You can configure SSH authentication using a PEM file by setting the server_pem configuration variable in your config.txt or ~/.dallingerconfig:

[Parameters]
server_pem = /path/to/your/key.pem

The PEM file will be used for SSH authentication when connecting to the server.

Dallinger verifies that docker and docker compose are installed, and installs them if they are not. The installation should take a couple of minutes.

Now you can deploy an experiment image to the server:

dallinger docker-ssh deploy --image ghcr.io/dallinger/dallinger/bartlett1932@sha256:0586d93bf49fd555031ffe7c40d1ace798ee3a2773e32d467593ce3de40f35b5 -c recruiter hotair -c dashboard_password foobar

In this example we use the hotair recruiter and set the dashboard password to foobar. The above command will output:

Connecting to 0.0.0.0
Connected.
Launched http and postgresql servers. Starting experiment
Creating database dlgr-d5543ddd
Experiment dlgr-d5543ddd started. Initializing database
Database initialized
Launching experiment
Initial recruitment list:
https://dlgr-d5543ddd.0.0.0.0.nip.io/ad?recruiter=hotair&assignmentId=F2Q19C&hitId=BE9BWB&workerId=YC30TJ&mode=debug
Additional details:
Recruitment requests will open browser windows automatically.
To display the logs for this experiment you can run:
ssh debian@0.0.0.0 docker compose -f '~/dallinger/dlgr-d5543ddd/docker-compose.yml' logs -f
You can now log in to the console at https://dlgr-d5543ddd.0.0.0.0.nip.io/dashboard as user admin using password foobar

Dallinger uses the free service [nip.io](https://nip.io/) to provide a URL for the experiment to get an SSL certificate from Let’s Encrypt. The experiment URL is a combination of the app id and the server IP. In this case the id of the deployed experiment is dlgr-d5543ddd.

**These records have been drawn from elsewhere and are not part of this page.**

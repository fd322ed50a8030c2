ghost use Rattle.std.specs.Prelude.{◌≡◌};
ghost use Rattle.wire_spec.specs.FaultNames.{fault_name};

use data_format::{Address, Mac};
use wire_spec::FaultKind;

/// A piece of a line.
#[derive(Clone, Copy, Debug)]
pub enum Piece<'a> {
    /// Text as it stands.
    Text(&'a str),
    /// A number, 0 to 2^128 - 1, in decimal digits without a leading zero.
    Number(u128),
    /// An address: `unknown`, four decimal numbers with dots, or eight groups of four lower-case
    /// hexadecimal digits with colons, none of them shortened.
    Address(Address),
    /// Bytes, each as two lower-case hexadecimal digits; `-` where there are none.
    Hex(&'a [u8]),
    /// A MAC address (IEEE 802.3): six bytes, each as two such digits, with colons between them.
    Mac(Mac),
    /// The kind of a fault: `short`, `pad`, `version`, `address`, `segment`, `trailing` or `toolong`.
    Kind(FaultKind),
}

// The kind of a fault as it is printed.
pub(crate) fn kind_name(kind: &FaultKind) -> &'static str
    ensures { result.now ≡ fault_name kind.now }
{
    match kind {
        FaultKind::Short { .. } => "short",
        FaultKind::Pad => "pad",
        FaultKind::Version { .. } => "version",
        FaultKind::AddressType { .. } => "address",
        FaultKind::SegmentType { .. } => "segment",
        FaultKind::Trailing { .. } => "trailing",
        FaultKind::TooLong => "toolong",
    }
}
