ghost use Rattle.std.specs.Prelude.{◌≡◌, []};

use crate::{IfCounters, ListMeter, Poller, SourceId};
use std::test::Fail;

// The counters of an interface with this index.
fn reading(index: u32) -> IfCounters<'static>
    ensures { result.tail.now ≡ [] }
{
    IfCounters {
        index,
        if_type: 6,
        speed: 1_000_000_000,
        direction: 1,
        status: 3,
        in_octets: 0,
        in_ucast: 0,
        in_multicast: 0,
        in_broadcast: 0,
        in_discards: 0,
        in_errors: 0,
        in_unknown: 0,
        out_octets: 0,
        out_ucast: 0,
        out_multicast: 0,
        out_broadcast: 0,
        out_discards: 0,
        out_errors: 0,
        promiscuous: 2,
        tail: &[],
    }
}

// A failed read spends no number, and the source stays due.
#[test]
fn polls(rt: HostRuntime) -> Result<(), Fail> {
    let readings = vec![in rt.alloc(); reading(1), reading(2)]?;
    let mut meter = ListMeter::new(readings, vec![in rt.alloc(); 2]?);
    let source = SourceId { class: 0, index: 1 };
    let mut poller = Poller::new(source, 1000, u32::MAX);
    assert!(rt; !poller.due(999) && poller.due(1000) && poller.due(u32::MAX));
    assert!(rt; matches!(poller.poll(1000, &mut meter), Ok(polled) if polled.sequence == u32::MAX));
    assert!(rt; !poller.due(1999) && poller.due(2000));
    assert!(rt; poller.poll(2000, &mut meter).is_err());
    assert!(rt; poller.due(2000));
    assert!(rt;
        matches!(poller.poll(2000, &mut meter), Ok(polled) if polled.sequence == 0 && polled.counters.index == 2)
    );
    Ok(())
}
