ghost use Rattle.std.specs.Prelude.{◌≡◌, [], IfOk, OnOk, OnErr};
ghost use Rattle.rec_counters.specs.Contents.{interface_content};
ghost use Rattle.agent_spec.specs.Counting.{next_count};

use data_format::{Failed, SourceId};
use rec_counters::IfCounters;

/// What reads the counters of interfaces.
pub trait Meter {
    ghost use Rattle.std.specs.Prelude.{ℕ};
    ghost use Rattle.data_format.specs.Records.{Content};
    ghost use Rattle.data_format.specs.declared.source.SourceId.{SourceId};

    /// Whether a read of a source gives these counters: the meter before it and after it.
    ghost gives: { Self → SourceId → Content → Self → Type 0 };

    /// How many reads have failed, up to 2^64 - 1.
    ghost faults: { Self → ℕ };

    /// The counters of a source, with no bytes behind the fields. `Failed` comes only where the count of faults
    /// rose in this call.
    fn read(&mut self, source: SourceId) -> Result<IfCounters<'static>, Failed>
        ensures gives { IfOk result (λ counters. gives self.old source (interface_content counters) self.new) }
        ensures tail { IfOk result (λ counters. counters.tail.now ≡ []) }
        ensures kept { OnOk result (faults self.new ≡ faults self.old) }
        ensures failed { OnErr result (faults self.new ≡ next_count (faults self.old)) };
}
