use crate::{Page, Piece};
use byte_ends::MemorySink;
use data_format::{Address, Mac};
use wire_spec::FaultKind;

// 2001:db8::1
const DOCUMENTATION: [u8; 16] = [0x20, 0x01, 0x0d, 0xb8, 0, 0, 0, 0, 0, 0, 0, 0, 0, 0, 0, 1];

#[test]
fn prints_each_kind_of_piece(rt: HostRuntime) {
    let cases = [
        (Piece::Text("agent "), "agent "),
        (Piece::Number(0), "0"),
        (
            Piece::Number(u128::MAX),
            "340282366920938463463374607431768211455",
        ),
        (Piece::Address(Address::Unknown), "unknown"),
        (Piece::Address(Address::V4([10, 0, 0, 1])), "10.0.0.1"),
        (Piece::Address(Address::V4([255; 4])), "255.255.255.255"),
        (
            Piece::Address(Address::V6(DOCUMENTATION)),
            "2001:0db8:0000:0000:0000:0000:0000:0001",
        ),
        (
            Piece::Address(Address::V6([0xab; 16])),
            "abab:abab:abab:abab:abab:abab:abab:abab",
        ),
        (Piece::Hex(&[]), "-"),
        (Piece::Hex(&[0]), "00"),
        (Piece::Hex(&[0xde, 0xad, 0xbe, 0xef, 0x01]), "deadbeef01"),
        (
            Piece::Hex(&DOCUMENTATION),
            "20010db8000000000000000000000001",
        ),
        (
            Piece::Mac(Mac([0x02, 0, 0x5e, 0xff, 0x10, 0x0a])),
            "02:00:5e:ff:10:0a",
        ),
        (Piece::Kind(FaultKind::TooLong), "toolong"),
    ];
    for (piece, want) in cases {
        let mut sink = MemorySink::new(rt.alloc(), 100, Vec::new(rt.alloc()));
        let mut page = Page::new();
        assert_eq!(rt;
            page.put_line(&mut sink, &[piece, Piece::Text("\n")]),
            Ok(())
        );
        assert!(rt; sink.bytes().is_empty());
        assert_eq!(rt; page.flush(&mut sink), Ok(()));
        assert!(rt;
            sink.bytes().strip_suffix(b"\n") == Some(want.as_bytes()),
            "{want}"
        );
    }
}
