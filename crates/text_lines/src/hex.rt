// The text of bytes.
ghost use Rattle.std.specs.Prelude.{◌≡◌, ◌<◌, ◌/◌, ◌%◌, false};
ghost use Rattle.std.specs.Fmt.{digit_glyph};
ghost use Rattle.wire_spec.specs.Texts.{hex, hex_byte};
ghost use Rattle.text_lines.specs.Bytes.{mac_text};

use data_format::Mac;

// A lower-case hexadecimal digit.
fn digit(n: u8) -> u8
    requires { n < 16 }
    ensures { result ≡ digit_glyph false n }
{
    if n < 10 { b'0' + n } else { b'a' + (n - 10) }
}

pub(crate) fn high(byte: u8) -> u8
    ensures { result ≡ digit_glyph false (byte / 16) }
{
    digit(byte / 16)
}

pub(crate) fn low(byte: u8) -> u8
    ensures { result ≡ digit_glyph false (byte % 16) }
{
    digit(byte % 16)
}

/// Two lower-case hexadecimal digits.
pub(crate) fn pair(byte: u8) -> [u8; 2]
    ensures { result ≡ hex_byte byte }
{
    [high(byte), low(byte)]
}

/// The pairs of eight bytes.
#[inline(always)]
pub(crate) fn eight_pairs(bytes: [u8; 8]) -> [u8; 16]
    ensures { result ≡ hex bytes }
{
    let [a, b, c, d, e, f, g, h] = bytes;
    [
        high(a),
        low(a),
        high(b),
        low(b),
        high(c),
        low(c),
        high(d),
        low(d),
        high(e),
        low(e),
        high(f),
        low(f),
        high(g),
        low(g),
        high(h),
        low(h),
    ]
}

/// Six pairs of digits with colons between them.
pub(crate) fn colons(mac: &Mac) -> [u8; 17]
    ensures { result ≡ mac_text mac.now.0 }
{
    let b = mac.0;
    [
        high(b[0]),
        low(b[0]),
        b':',
        high(b[1]),
        low(b[1]),
        b':',
        high(b[2]),
        low(b[2]),
        b':',
        high(b[3]),
        low(b[3]),
        b':',
        high(b[4]),
        low(b[4]),
        b':',
        high(b[5]),
        low(b[5]),
    ]
}
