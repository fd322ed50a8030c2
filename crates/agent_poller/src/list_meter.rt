ghost use Rattle.std.specs.Prelude.{◌≡◌, ◌↔◌, ◌⊎◌, [], ◌∷◌, All, Contains, IsErr, IfOk, OnOk, OnErr, MatchResult};
ghost use Rattle.rec_counters.specs.Contents.{interface_content};
ghost use Rattle.agent_spec.specs.Counting.{next_count};
ghost use Rattle.agent_poller.specs.Meters.{gives_first, meter_faults, HasNoTail, meter_read, meter_failed};

use crate::meter::Meter;
use data_format::{Failed, SourceId};
use rec_counters::IfCounters;
use std::marker::Model;

/// A meter over a list of readings, which it gives one after the other, whatever source is read. Chosen reads fail,
/// so that a fault can be tried.
#[derive(Drop)]
pub struct ListMeter {
    readings: Vec<IfCounters<'static>>,
    at: usize,
    fails: Vec<u64>,
    calls: u64,
    faults: u64,
}

impl Model for ListMeter {
    ghost use Rattle.agent_poller.specs.Meters.{MeterState};

    ghost Value = { MeterState };

    ghost use Rattle.agent_poller.specs.Fields.{meter_state, IsListMeter};

    ghost view = { meter_state };

    ghost invariant = { IsListMeter };
}

impl ListMeter {
    /// A meter of these readings, which have no bytes behind their fields.
    /// `fails` holds the numbers of the reads that fail, counted from 1; a number stays at 2^64 - 1.
    pub fn new(readings: Vec<IfCounters<'static>>, fails: Vec<u64>) -> ListMeter
        requires { All HasNoTail readings.items }
        ensures left { result.left ≡ readings.entry.items }
        ensures fails { result.fails ≡ fails.items }
        ensures calls { result.calls ≡ 0 }
        ensures faults { result.faults ≡ 0 }
    {
        ListMeter {
            readings,
            at: 0,
            fails,
            calls: 0,
            faults: 0,
        }
    }

    // One more read failed.
    fn fault(&mut self) -> Failed
        ensures { self.new ≡ record self.old { faults = next_count self.old.faults } }
    {
        self.faults = self.faults.saturating_add(1);
        Failed
    }
}

impl Meter for ListMeter {
    ghost gives = { gives_first };

    ghost faults = { meter_faults };

    fn read(&mut self, source: SourceId) -> Result<IfCounters<'static>, Failed>
        ensures gives { IfOk result (λ counters. gives_first self.old source (interface_content counters) self.new) }
        ensures tail { IfOk result (λ counters. counters.tail.now ≡ []) }
        ensures kept { OnOk result (self.new.faults ≡ self.old.faults) }
        ensures failed { OnErr result (self.new.faults ≡ next_count self.old.faults) }

        // It fails exactly where its number is one of those that fail, and past the end of the list.
        ensures fails { IsErr result ↔ (Contains self.old.fails (next_count self.old.calls) ⊎ (self.old.left ≡ [])) }
        ensures after { MatchResult result
            (λ _. self.new ≡ meter_read self.old)
            (λ _. self.new ≡ meter_failed self.old) }
    {
        self.calls = self.calls.saturating_add(1);
        if self.fails.contains(&self.calls) {
            return Err(self.fault());
        }
        if self.at >= self.readings.len() {
            return Err(self.fault());
        }
        let counters = self.readings[self.at];
        self.at += 1;
        Ok(counters)
    }
}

If you need to run an experiment on Amazon Mechanical Turk in sandbox mode you can set the mode to sandbox using the -c option like this:

dallinger docker-ssh deploy --image ghcr.io/dallinger/dallinger/bartlett1932@sha256:0586d93bf49fd555031ffe7c40d1ace798ee3a2773e32d467593ce3de40f35b5 -c mode sandbox

To export the data from an experiment running on a server, run:

dallinger docker-ssh export --app $APP_ID

To stop an experiment and remove its containers from the server, run:

dallinger docker-ssh destroy --app $APP_ID

Note

When deploying to a server using docker, the experiment can save files to the directory /var/lib/dallinger. This directory will be visible on the server as ~/dallinger-data/${experiment_id}.

Support for python dependencies in private repositories

An experiment can depend on a package that is in a private repository. Dallinger will use the ssh agent to authenticate against the remote repository. In this case the dependency needs to be specified with the git+ssh protocol:

git+ssh://git@github.com/<orgname>/<reponame>#egg=<eggname>

Dallinger will make docker checkout the private repository using the ssh agent. The package will be included in the experiment image, but the credentials used to download it will not.

Note

The ssh agent needs to be running, the SSH_AUTH_SOCK environment variable should point to its socket path and the ssh key needed for the server needs to be loaded. You chan check the latter with ssh-add -l.